▶ [WHAT YOU WILL DO] Which lines below mention "Prelude"? Pick each one out.
** Opening DATA FOR ANALYSIS block **
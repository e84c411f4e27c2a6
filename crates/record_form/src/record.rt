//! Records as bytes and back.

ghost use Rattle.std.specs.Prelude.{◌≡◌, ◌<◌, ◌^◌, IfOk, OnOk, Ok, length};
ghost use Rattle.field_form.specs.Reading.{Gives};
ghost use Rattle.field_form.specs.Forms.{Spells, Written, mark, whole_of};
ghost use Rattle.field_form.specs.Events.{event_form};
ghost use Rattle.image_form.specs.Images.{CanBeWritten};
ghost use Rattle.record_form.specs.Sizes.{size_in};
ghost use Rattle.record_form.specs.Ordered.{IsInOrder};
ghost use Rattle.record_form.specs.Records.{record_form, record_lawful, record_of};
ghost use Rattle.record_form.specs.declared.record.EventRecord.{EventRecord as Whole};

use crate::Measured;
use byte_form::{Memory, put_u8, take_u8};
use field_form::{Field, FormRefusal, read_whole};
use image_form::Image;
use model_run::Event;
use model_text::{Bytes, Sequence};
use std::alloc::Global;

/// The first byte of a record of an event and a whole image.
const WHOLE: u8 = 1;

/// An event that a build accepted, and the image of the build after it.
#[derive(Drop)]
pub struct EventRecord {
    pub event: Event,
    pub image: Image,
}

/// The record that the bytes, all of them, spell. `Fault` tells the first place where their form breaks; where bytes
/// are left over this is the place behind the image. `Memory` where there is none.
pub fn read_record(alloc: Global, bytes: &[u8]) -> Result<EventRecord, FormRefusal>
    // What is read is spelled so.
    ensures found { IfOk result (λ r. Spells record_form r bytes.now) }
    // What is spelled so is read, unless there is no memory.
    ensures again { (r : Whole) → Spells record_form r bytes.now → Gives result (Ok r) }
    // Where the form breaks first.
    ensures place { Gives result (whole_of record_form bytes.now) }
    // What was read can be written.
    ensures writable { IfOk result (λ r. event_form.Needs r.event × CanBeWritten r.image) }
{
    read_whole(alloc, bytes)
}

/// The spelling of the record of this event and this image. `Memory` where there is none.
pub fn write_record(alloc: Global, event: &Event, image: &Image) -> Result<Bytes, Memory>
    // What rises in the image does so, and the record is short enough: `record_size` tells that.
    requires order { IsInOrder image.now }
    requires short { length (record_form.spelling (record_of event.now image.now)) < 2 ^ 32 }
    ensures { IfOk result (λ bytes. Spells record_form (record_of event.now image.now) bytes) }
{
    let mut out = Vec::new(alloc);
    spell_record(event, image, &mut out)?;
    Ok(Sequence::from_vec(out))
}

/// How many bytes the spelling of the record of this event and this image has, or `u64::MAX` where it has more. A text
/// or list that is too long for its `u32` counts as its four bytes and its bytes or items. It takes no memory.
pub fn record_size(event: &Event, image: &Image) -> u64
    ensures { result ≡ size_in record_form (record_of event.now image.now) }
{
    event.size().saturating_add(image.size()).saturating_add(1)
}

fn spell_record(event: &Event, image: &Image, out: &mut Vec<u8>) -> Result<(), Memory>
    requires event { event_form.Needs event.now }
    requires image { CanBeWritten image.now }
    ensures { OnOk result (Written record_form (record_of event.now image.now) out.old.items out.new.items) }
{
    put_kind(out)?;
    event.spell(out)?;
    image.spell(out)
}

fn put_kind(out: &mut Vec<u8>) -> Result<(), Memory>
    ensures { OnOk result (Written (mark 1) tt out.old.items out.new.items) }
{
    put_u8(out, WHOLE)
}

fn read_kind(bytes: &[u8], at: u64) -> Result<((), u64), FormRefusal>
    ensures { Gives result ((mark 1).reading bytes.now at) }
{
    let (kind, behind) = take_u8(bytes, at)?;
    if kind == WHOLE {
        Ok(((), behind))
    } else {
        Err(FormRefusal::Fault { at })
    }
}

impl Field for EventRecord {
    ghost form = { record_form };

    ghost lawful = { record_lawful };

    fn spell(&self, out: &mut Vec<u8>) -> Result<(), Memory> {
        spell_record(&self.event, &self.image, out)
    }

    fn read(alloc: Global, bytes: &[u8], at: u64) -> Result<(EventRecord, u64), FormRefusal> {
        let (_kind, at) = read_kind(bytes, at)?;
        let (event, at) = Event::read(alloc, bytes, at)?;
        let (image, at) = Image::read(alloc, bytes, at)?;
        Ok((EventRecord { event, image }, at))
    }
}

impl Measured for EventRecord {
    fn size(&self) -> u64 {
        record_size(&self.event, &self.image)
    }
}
** Closing DATA FOR ANALYSIS block **
** Opening DATA FOR ANALYSIS block **
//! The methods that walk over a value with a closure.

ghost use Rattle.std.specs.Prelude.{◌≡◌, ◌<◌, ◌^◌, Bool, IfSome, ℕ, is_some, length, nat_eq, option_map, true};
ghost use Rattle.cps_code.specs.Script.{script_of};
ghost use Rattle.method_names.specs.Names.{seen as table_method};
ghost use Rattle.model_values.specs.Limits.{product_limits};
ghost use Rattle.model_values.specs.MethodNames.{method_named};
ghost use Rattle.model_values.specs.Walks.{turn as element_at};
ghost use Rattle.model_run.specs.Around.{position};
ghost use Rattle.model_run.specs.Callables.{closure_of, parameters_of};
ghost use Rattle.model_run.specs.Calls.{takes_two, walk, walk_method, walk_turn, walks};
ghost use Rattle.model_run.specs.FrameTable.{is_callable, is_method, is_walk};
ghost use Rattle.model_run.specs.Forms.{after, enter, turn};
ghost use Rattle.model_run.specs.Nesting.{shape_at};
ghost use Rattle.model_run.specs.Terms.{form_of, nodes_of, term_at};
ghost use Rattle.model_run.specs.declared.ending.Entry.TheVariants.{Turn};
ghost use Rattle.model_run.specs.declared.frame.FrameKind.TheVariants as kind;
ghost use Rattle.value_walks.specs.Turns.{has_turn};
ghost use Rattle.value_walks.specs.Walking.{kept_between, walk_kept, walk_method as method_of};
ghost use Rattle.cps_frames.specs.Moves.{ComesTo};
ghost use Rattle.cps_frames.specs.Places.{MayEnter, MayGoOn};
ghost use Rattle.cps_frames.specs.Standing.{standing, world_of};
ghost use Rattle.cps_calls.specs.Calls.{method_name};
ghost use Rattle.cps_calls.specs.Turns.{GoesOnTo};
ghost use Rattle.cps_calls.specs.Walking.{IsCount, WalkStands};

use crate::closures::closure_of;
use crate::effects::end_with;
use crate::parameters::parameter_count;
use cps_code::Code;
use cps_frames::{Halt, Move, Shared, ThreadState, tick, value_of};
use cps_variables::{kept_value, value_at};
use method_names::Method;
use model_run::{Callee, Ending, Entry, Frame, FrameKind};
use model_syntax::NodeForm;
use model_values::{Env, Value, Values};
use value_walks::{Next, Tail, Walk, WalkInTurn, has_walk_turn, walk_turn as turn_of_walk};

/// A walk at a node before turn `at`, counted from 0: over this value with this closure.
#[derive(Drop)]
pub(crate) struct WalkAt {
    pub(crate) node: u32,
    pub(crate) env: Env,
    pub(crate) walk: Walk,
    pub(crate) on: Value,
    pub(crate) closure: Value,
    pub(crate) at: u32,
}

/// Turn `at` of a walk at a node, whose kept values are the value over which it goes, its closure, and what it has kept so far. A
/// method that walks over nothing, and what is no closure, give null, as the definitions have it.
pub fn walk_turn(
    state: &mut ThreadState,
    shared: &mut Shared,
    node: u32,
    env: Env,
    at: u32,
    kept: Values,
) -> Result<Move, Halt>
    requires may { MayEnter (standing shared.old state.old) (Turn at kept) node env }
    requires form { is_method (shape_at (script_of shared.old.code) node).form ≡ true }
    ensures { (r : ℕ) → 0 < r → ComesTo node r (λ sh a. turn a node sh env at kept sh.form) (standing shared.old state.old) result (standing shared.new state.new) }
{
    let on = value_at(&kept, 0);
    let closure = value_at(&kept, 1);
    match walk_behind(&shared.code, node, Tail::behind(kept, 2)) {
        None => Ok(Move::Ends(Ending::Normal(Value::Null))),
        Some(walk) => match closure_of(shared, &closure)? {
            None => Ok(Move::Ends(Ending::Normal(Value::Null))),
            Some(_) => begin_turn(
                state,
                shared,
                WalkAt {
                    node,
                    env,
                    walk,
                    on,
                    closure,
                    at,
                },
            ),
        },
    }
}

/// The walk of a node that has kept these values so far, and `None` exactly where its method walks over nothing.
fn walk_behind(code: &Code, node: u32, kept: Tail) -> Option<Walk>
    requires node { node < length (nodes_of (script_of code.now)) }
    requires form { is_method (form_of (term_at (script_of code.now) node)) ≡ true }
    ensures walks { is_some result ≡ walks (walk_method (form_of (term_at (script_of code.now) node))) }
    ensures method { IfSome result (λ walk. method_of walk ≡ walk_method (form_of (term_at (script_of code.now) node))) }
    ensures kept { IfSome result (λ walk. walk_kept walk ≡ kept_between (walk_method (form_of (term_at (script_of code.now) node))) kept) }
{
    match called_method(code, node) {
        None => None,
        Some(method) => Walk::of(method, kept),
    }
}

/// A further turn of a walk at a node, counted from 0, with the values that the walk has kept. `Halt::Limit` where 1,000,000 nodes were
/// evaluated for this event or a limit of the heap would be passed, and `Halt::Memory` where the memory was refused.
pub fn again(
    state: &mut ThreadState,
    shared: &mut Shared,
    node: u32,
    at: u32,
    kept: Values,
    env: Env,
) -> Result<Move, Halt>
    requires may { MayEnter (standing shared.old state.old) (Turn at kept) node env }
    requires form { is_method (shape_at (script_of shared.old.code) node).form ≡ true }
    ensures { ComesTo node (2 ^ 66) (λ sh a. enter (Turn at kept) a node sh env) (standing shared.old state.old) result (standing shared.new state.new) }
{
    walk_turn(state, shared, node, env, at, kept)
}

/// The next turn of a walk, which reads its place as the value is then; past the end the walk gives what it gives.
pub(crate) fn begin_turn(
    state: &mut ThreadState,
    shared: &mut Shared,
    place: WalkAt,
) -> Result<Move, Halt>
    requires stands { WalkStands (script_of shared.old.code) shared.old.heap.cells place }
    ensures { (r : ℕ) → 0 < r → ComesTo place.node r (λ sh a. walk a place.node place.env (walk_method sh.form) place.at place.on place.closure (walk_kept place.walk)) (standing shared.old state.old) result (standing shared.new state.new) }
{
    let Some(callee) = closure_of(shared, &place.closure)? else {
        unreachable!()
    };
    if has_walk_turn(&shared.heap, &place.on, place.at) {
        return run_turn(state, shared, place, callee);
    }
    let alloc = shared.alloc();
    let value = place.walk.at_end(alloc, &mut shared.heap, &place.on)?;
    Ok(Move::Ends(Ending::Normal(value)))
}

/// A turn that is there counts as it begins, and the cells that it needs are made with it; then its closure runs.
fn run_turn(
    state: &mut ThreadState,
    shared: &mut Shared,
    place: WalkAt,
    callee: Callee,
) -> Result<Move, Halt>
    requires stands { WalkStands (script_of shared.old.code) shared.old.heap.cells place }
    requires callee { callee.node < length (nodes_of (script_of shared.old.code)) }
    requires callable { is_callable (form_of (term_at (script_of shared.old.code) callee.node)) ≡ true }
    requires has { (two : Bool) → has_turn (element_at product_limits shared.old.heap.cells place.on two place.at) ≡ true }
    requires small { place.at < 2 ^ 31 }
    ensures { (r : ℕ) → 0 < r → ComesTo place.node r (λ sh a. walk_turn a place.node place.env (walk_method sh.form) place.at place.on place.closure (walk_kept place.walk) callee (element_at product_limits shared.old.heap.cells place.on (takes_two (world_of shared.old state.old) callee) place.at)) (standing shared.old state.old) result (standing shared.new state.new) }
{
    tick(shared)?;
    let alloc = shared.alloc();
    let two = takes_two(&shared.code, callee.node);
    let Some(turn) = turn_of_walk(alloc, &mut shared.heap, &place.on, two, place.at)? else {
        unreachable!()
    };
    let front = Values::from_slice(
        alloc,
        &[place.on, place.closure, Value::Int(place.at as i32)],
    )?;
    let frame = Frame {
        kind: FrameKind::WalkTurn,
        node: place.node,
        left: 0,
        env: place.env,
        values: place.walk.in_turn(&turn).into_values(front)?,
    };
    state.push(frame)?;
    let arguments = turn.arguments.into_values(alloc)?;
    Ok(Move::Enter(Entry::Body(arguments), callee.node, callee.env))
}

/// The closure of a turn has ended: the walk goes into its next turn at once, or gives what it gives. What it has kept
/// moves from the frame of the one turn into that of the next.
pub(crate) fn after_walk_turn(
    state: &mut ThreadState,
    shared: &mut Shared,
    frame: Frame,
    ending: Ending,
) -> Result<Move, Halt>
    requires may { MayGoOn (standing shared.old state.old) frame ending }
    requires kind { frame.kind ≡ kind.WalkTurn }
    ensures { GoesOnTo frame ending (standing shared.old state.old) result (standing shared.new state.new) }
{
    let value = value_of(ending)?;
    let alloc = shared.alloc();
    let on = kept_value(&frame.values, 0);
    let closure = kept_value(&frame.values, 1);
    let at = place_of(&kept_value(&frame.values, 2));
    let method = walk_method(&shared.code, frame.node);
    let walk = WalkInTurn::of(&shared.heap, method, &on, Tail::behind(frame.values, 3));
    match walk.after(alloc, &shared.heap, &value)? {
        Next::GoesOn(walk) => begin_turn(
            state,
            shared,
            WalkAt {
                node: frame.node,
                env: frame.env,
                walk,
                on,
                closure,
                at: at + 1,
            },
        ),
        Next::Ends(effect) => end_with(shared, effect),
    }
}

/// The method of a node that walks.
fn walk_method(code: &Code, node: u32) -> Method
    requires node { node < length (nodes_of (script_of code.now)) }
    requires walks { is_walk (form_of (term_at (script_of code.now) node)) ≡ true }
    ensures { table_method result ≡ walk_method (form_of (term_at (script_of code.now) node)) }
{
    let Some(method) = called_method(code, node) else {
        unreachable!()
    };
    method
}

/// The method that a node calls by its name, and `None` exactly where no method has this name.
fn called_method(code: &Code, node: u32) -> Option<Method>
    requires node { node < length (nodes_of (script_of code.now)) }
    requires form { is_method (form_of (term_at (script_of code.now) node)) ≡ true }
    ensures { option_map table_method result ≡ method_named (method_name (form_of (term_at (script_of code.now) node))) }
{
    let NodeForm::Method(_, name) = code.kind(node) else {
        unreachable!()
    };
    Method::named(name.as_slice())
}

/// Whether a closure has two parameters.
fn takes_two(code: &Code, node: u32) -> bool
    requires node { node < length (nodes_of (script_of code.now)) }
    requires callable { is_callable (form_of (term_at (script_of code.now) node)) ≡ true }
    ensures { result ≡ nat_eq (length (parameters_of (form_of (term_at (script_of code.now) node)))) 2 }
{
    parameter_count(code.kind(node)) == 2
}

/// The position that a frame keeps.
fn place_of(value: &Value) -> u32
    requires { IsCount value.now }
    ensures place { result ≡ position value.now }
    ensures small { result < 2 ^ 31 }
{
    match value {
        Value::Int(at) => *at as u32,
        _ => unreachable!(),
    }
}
** Closing DATA FOR ANALYSIS block **
** Opening DATA FOR ANALYSIS block **
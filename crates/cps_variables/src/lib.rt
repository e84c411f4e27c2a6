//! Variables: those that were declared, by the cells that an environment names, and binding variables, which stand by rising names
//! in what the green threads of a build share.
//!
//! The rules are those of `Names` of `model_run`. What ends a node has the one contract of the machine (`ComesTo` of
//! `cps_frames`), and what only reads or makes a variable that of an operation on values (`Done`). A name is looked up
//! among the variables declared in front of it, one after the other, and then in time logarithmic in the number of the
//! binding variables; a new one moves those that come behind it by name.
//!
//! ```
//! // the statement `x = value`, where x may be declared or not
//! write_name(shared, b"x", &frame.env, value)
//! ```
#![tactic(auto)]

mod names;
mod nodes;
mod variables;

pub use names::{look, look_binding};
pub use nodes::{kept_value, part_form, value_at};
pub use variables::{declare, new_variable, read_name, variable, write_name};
** Closing DATA FOR ANALYSIS block **
▶ [WRITTEN REPLY]
ghost use Rattle.std.specs.Prelude.{◌≡◌, ◌<◌, ◌^◌, IfOk, OnOk, Ok, length};
ghost use Rattle.std.specs.Prelude.{◌≡◌, ◌<◌, ◌^◌, Bool, IfSome, ℕ, is_some, length, nat_eq, option_map, true};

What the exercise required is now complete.